You can revise each of these conditions in a structured way through the iatroX UKMLA Academy, which maps to the 2026 MLA content map. And rather than working through this list blindly, iatroX's adaptive engine surfaces the high-yield conditions you are weakest on, while Ask iatroX lets you confirm the UK management against NICE, CKS, SIGN and the SmPC. iatroX covers PLAB 1 and UKMLA on one subscription (£29/month or £99/year), with free sample questions.
A summary at a glance
| System | High-yield conditions from this list |
|---|---|
| Cardiology | ACS, heart failure, atrial fibrillation |
| Respiratory | Asthma, COPD, pneumonia, PE |
| Endocrine | Diabetes/DKA, thyroid disease |
| Neurology | Stroke/TIA, meningitis |
| Infection | Sepsis, UTI/pyelonephritis |
| Gastroenterology | Upper GI bleed/peptic ulcer |
| Renal | Acute kidney injury |
| Psychiatry | Depression & risk, dementia/delirium |
| Emergency | Anaphylaxis, the acutely unwell patient |
| Oncology | Common cancers & two-week-wait referral |
| Ethics & law | Capacity, consent, safeguarding |
Frequently asked questions
What conditions come up most in PLAB 1? The highest-frequency ones are decision-critical F2-level presentations — acute coronary syndrome, sepsis, asthma, COPD, PE, diabetes/DKA, stroke, pneumonia, AKI and the common cancers behind two-week-wait referrals — alongside ethics and capacity topics that thread through the paper.

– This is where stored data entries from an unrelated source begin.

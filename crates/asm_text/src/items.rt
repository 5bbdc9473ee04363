ghost use Rattle.std.specs.Prelude.{◌≡◌, ◌≤◌, ◌<◌, ◌+◌, ◌*◌, ◌^◌, true, length, OnOk, IfOk};
ghost use Rattle.std.specs.List.{list_all};
ghost use Rattle.orc_words.specs.Bits.{low_of, fits_bits};
ghost use Rattle.asm_lines.specs.Directives.{item_fits};
ghost use Rattle.asm_lines.specs.Statements.{fits_either};
ghost use Rattle.asm_text.specs.Bounds.{IsWidth};
ghost use Rattle.asm_text.specs.Known as known;
ghost use Rattle.asm_text.specs.Refusals.{takes_bytes};
ghost use Rattle.asm_text.specs.Said as want;

use crate::assembler::Assembler;
use asm_lines::{Item, Reference};
use std::alloc::AllocError;

/// The low 64 bits of a number, as two's complement has them.
fn low_bits(n: i128) -> u64
    requires { fits_either 64 n ≡ true }
    ensures { result ≡ low_of 64 n }
{
    if n < 0 {
        (n as i64).cast_unsigned()
    } else {
        n as u64
    }
}

/// The relocation of an address of four or eight bytes.
fn address_kind(width: u8) -> u32
    ensures { result ≡ want.address_kind width }
{
    if width == 4 { 1 } else { 2 }
}

impl<'a> Assembler<'a> {
    /// A number, the lowest byte first.
    #[tactic(auto, unfolding(crate::specs::Said::number_bytes))]
    fn put_number(&mut self, width: u8, n: i128) -> Result<(), AllocError>
        requires width { IsWidth width }
        requires fits { fits_either (8 * width) n ≡ true }
        requires room { takes_bytes width self.old ≡ true }
        ensures known { OnOk result (self.new ≡ want.here (want.with_number width n) self.old) }
        ensures size { OnOk result (known.size_here self.new ≡ known.size_here self.old + width) }
        ensures kind { OnOk result (known.kind_here self.new ≡ known.kind_here self.old) }
    {
        let bytes = low_bits(n).to_le_bytes();
        self.sections.put_bytes(&bytes[..width as usize])
    }

    /// An address, which its relocation writes.
    #[tactic(auto, using(crate::proofs::Sizes::zeros_size, crate::proofs::Sizes::zeros_kind))]
    fn put_address(&mut self, width: u8, reference: &Reference<'a>) -> Result<(), AllocError>
        requires fits { fits_bits 64 reference.now.addend ≡ true }
        requires room { takes_bytes width self.old ≡ true }
        ensures known { OnOk result (self.new ≡ want.with_address width reference.now self.old) }
        ensures size { OnOk result (known.size_here self.new ≡ known.size_here self.old + width) }
        ensures kind { OnOk result (known.kind_here self.new ≡ known.kind_here self.old) }
    {
        let addend = reference.addend as i64;
        self.put_relocation(
            address_kind(width),
            reference.symbol.as_slice(),
            addend,
            false,
        )?;
        self.sections.put_zeros(width as u64)
    }

    #[tactic(auto, unfolding(crate::specs::Said::with_item))]
    fn put_item(&mut self, width: u8, item: &Item<'a>) -> Result<(), AllocError>
        requires width { IsWidth width }
        requires fits { item_fits width item.now ≡ true }
        requires room { takes_bytes width self.old ≡ true }
        ensures known { OnOk result (self.new ≡ want.with_item width item.now self.old) }
        ensures size { OnOk result (known.size_here self.new ≡ known.size_here self.old + width) }
        ensures kind { OnOk result (known.kind_here self.new ≡ known.kind_here self.old) }
    {
        match item {
            Item::Number(n) => self.put_number(width, *n),
            Item::Address(reference) => self.put_address(width, reference),
        }
    }

    /// `.byte`, `.half`, `.word` and `.dword`.
    pub fn put_items(&mut self, width: u8, items: &[Item<'a>]) -> Result<(), AllocError>
        requires width { IsWidth width }
        requires fits { list_all (item_fits width) items.now ≡ true }
        requires room { takes_bytes (width * length items.now) self.old ≡ true }
        ensures { OnOk result (self.new ≡ want.with_items width items.now self.old) }
    {
        for item in items {
            self.put_item(width, item)?;
        }
        Ok(())
    }
}
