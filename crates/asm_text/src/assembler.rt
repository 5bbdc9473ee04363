ghost use Rattle.std.specs.Prelude.{◌≡◌};
ghost use Rattle.asm_text.specs.Known.{nothing_known};

use asm_state::{SectionBook, SymbolBook};
use std::alloc::Global;
use std::marker::Model;

/// What the lines so far have said. Contracts see the record `Known`.
#[derive(Drop)]
pub struct Assembler<'a> {
    pub alloc: Global,
    pub symbols: SymbolBook<'a>,
    pub sections: SectionBook<'a>,
    pub relax: bool,
}

impl<'a> Model for Assembler<'a> {
    ghost use Rattle.asm_text.specs.Known.{Known};

    ghost Value = { Known };

    ghost view = { λ a. record { symbols = a.symbols; sections = a.sections; relax = a.relax } };
}

impl<'a> Assembler<'a> {
    /// Before the first line.
    pub fn new(alloc: Global) -> Assembler<'a>
        ensures { result ≡ nothing_known }
    {
        Assembler {
            alloc,
            symbols: SymbolBook::new(alloc),
            sections: SectionBook::new(alloc),
            relax: false,
        }
    }
}
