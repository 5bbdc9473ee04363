ghost use Rattle.std.specs.Prelude.{◌≡◌, ◌<◌, ◌+◌, ◌∷◌, [], length, take, drop, MatchOption, position};
ghost use Rattle.asm_text.specs.Texts as want;

use std::marker::Model;

/// The lines of a text that are still to be read. Contracts see the list.
#[derive(Drop)]
pub(crate) struct Lines<'a> {
    text: &'a [u8],
    more: bool,
}

impl<'a> Model for Lines<'a> {
    ghost use Rattle.std.specs.Prelude.{ℕ, List, [], if◌then◌else◌};
    ghost use Rattle.std.specs.List.{slice_split};
    ghost use Rattle.asm_text.specs.Texts.{is_newline};

    ghost Value = { List (List ℕ) };

    ghost view = { λ l. if l.more then slice_split is_newline l.text.now else [] };
}

fn newline_in(text: &[u8]) -> Option<usize>
    ensures { result ≡ position want.is_newline text.now }
{
    text.iter().position(|b| *b == b'\n')
}

/// What stands before a place, and what stands after it.
fn parted(text: &[u8], place: usize) -> (&[u8], &[u8])
    requires { place < length text.now }
    ensures before { result.0.now ≡ take place text.now }
    ensures after { result.1.now ≡ drop (place + 1) text.now }
{
    (&text[..place], &text[place + 1..])
}

impl<'a> Lines<'a> {
    #[tactic(auto, unfolding(crate::specs::Texts::lines_of))]
    pub fn new(text: &'a [u8]) -> Lines<'a>
        ensures { result ≡ want.lines_of text.now }
    {
        Lines { text, more: true }
    }

    /// Takes the next line.
    pub fn next(&mut self) -> Option<&'a [u8]>
        ensures { MatchOption result ((self.old ≡ []) × (self.new ≡ [])) (λ line. self.old ≡ line.now ∷ self.new) }
    {
        if !self.more {
            return None;
        }
        let text = self.text;
        match newline_in(text) {
            None => {
                self.more = false;
                Some(text)
            }
            Some(end) => {
                let (line, rest) = parted(text, end);
                self.text = rest;
                Some(line)
            }
        }
    }
}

Is this a list of PLAB 1 recalls? No. This is a prioritisation aid based on the weighting of the MLA content map and the conditions common in UK F2 practice — not exam recalls or leaked content. The exam can test anything on the content map.

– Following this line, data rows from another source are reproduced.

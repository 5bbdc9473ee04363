ghost use Rattle.std.specs.Prelude.{◌≡◌, true, OnOk, IfOk};
ghost use Rattle.rv_insn.specs.Range.{InRange};
ghost use Rattle.asm_text.specs.Known as known;
ghost use Rattle.asm_text.specs.Refusals as refusals;
ghost use Rattle.asm_text.specs.Said as want;

use crate::assembler::Assembler;
use asm_lines::{Fixup, Name};
use asm_state::Target;
use rv_insn::Insn;
use std::alloc::AllocError;

/// `R_RISCV_CALL_PLT`.
const CALL_PLT: u32 = 19;

fn target_of(fills: bool, line: u32, symbol: u32) -> Option<Target>
    ensures { result ≡ want.target_of fills line symbol }
{
    fills.then_some(Target { symbol, line })
}

impl<'a> Assembler<'a> {
    /// The line's label.
    #[tactic(auto, unfolding(crate::specs::Said::labelled_line))]
    pub fn put_label(&mut self, label: &Option<Name<'a>>) -> Result<(), AllocError>
        ensures known { OnOk result (self.new ≡ want.labelled_line label.now self.old) }
        ensures kind { OnOk result (known.kind_here self.new ≡ known.kind_here self.old) }
        ensures size { OnOk result (known.size_here self.new ≡ known.size_here self.old) }
        ensures relax { OnOk result (self.new.relax ≡ self.old.relax) }
    {
        match label {
            None => Ok(()),
            Some(name) => self.define_label(name.as_slice()),
        }
    }

    fn define_label(&mut self, name: &'a [u8]) -> Result<(), AllocError>
        ensures known { OnOk result (self.new ≡ want.defined_here name.now self.old) }
        ensures kind { OnOk result (known.kind_here self.new ≡ known.kind_here self.old) }
        ensures size { OnOk result (known.size_here self.new ≡ known.size_here self.old) }
        ensures relax { OnOk result (self.new.relax ≡ self.old.relax) }
    {
        let section = self.sections.open()?;
        let offset = self.sections.current_size();
        self.symbols.define_label(name, section, offset)
    }

    /// A relocation against a symbol, of what stands next; tells the symbol's number.
    #[tactic(auto, unfolding(crate::specs::Said::against))]
    pub fn put_relocation(
        &mut self,
        kind: u32,
        name: &'a [u8],
        addend: i64,
        fills: bool,
    ) -> Result<u32, AllocError>
        ensures known { OnOk result (self.new ≡ want.against kind name.now addend fills self.old) }
        ensures number { IfOk result (λ number. number ≡ want.number_here name.now self.new) }
        ensures kind { OnOk result (known.kind_here self.new ≡ known.kind_here self.old) }
        ensures size { OnOk result (known.size_here self.new ≡ known.size_here self.old) }
    {
        let number = self.symbols.mention(name)?;
        self.sections.put_patch(kind, Some(number), addend, fills)?;
        Ok(number)
    }

    /// An instruction, and its relocation or the label that it is filled in for.
    #[tactic(auto, unfolding(crate::specs::Said::with_insn))]
    pub fn put_insn(
        &mut self,
        line: u32,
        insn: Insn,
        fixup: &Option<Fixup<'a>>,
    ) -> Result<(), AllocError>
        requires room { refusals.takes_bytes 4 self.old ≡ true }
        requires range { InRange insn }
        ensures { OnOk result (self.new ≡ want.with_insn line insn fixup.now self.old) }
    {
        match fixup {
            None => self.sections.put_code(insn, None),
            Some(fixup) => self.put_fixup(line, insn, fixup),
        }
    }

    fn put_fixup(&mut self, line: u32, insn: Insn, fixup: &Fixup<'a>) -> Result<(), AllocError>
        requires room { refusals.takes_bytes 4 self.old ≡ true }
        requires range { InRange insn }
        ensures { OnOk result (self.new ≡ want.with_fixup line insn fixup.now self.old) }
    {
        let fills = self.fills(fixup);
        let symbol = self.put_relocation(fixup.kind, fixup.symbol.as_slice(), fixup.addend, fills)?;
        self.sections.put_code(insn, target_of(fills, line, symbol))
    }

    /// `call` and `tail`: the relocation of the first instruction is that of both.
    #[tactic(auto, unfolding(crate::specs::Said::with_call))]
    pub fn put_call(
        &mut self,
        first: Insn,
        second: Insn,
        symbol: &'a [u8],
    ) -> Result<(), AllocError>
        requires room { refusals.takes_bytes 8 self.old ≡ true }
        requires first { InRange first }
        requires second { InRange second }
        ensures { OnOk result (self.new ≡ want.with_call first second symbol.now self.old) }
    {
        self.put_relocation(CALL_PLT, symbol, 0, false)?;
        self.sections.put_code(first, None)?;
        self.sections.put_code(second, None)
    }
}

Can I pass PLAB 1 by revising only these 20 conditions? No. These are where to focus first, but they are not the whole syllabus. Use them to sequence your revision, then aim for full content-map coverage.
Does PLAB 1 test management or just diagnosis? Both, but it leans heavily on management and the "most appropriate next step" — PLAB 1 is pitched at applying knowledge to clinical decisions at F2 level, not pure recall.
Are these the same high-yield conditions for the UKMLA AKT? Yes. Because PLAB 1 and the UKMLA AKT share the MLA content map and standard, the high-yield conditions are the same for both.